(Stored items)

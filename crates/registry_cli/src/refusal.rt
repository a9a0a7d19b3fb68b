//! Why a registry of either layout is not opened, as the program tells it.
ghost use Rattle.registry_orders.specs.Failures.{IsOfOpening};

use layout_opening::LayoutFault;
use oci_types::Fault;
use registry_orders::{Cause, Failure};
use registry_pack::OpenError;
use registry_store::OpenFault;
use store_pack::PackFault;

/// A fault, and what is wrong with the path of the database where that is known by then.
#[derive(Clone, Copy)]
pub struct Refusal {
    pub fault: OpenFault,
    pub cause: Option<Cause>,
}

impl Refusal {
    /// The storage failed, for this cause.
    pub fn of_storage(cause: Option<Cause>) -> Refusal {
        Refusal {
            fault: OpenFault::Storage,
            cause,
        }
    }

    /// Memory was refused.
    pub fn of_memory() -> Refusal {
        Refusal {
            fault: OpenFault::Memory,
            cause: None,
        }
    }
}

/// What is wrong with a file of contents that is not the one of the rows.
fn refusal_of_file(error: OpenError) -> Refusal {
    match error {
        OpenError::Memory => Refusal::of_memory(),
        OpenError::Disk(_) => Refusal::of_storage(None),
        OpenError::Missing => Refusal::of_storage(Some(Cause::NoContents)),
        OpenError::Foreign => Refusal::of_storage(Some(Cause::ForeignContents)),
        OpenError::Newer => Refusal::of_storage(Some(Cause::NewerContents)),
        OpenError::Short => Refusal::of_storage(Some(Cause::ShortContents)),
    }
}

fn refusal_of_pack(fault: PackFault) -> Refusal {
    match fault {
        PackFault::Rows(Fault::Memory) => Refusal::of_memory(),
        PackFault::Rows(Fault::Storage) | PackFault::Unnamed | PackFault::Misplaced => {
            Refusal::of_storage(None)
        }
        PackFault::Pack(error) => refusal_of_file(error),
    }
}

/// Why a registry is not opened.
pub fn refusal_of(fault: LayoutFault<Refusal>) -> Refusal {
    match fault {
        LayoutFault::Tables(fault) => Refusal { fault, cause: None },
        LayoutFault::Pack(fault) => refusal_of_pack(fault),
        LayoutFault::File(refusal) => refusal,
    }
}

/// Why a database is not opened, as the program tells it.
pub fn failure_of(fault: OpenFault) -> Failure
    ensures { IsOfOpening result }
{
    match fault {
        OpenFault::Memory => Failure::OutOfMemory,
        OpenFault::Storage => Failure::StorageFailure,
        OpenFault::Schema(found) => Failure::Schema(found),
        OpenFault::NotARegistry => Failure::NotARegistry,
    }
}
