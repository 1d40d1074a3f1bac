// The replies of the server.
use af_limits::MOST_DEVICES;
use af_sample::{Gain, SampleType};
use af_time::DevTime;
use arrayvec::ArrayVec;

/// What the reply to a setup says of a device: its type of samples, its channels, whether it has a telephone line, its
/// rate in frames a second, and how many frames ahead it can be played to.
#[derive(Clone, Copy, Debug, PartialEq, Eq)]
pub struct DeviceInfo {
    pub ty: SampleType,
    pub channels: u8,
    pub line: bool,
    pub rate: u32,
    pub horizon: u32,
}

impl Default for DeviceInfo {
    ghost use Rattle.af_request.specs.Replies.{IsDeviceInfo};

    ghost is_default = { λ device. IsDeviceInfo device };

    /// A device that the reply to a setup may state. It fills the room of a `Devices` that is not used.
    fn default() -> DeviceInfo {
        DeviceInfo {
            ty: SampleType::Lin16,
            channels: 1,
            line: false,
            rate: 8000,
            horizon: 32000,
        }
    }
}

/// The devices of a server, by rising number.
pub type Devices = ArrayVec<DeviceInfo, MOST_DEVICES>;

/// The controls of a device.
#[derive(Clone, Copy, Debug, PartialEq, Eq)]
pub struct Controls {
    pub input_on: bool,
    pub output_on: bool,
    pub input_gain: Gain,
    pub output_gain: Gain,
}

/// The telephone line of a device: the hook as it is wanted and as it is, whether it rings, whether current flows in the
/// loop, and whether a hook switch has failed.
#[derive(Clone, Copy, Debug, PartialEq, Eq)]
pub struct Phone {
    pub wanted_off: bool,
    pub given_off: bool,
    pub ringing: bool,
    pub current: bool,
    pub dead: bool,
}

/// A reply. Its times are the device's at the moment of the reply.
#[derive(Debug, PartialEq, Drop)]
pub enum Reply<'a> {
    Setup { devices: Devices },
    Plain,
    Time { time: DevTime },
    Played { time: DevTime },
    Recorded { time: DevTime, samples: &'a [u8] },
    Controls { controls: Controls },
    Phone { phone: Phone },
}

# [Work order]
Please copy, word for word, every line from the first line of the records through the line containing "#[derive(Clone, Copy)]", with both of those lines included and nothing else.

# [Output of the task]
filename crates/registry_cli/src/refusal.rt
repository a9a0a7d19b3fb68b
//! Why a registry of either layout is not opened, as the program tells it.
ghost use Rattle.registry_orders.specs.Failures.{IsOfOpening};

use layout_opening::LayoutFault;
use oci_types::Fault;
use registry_orders::{Cause, Failure};
use registry_pack::OpenError;
use registry_store::OpenFault;
use store_pack::PackFault;

/// A fault, and what is wrong with the path of the database where that is known by then.
#[derive(Clone, Copy)]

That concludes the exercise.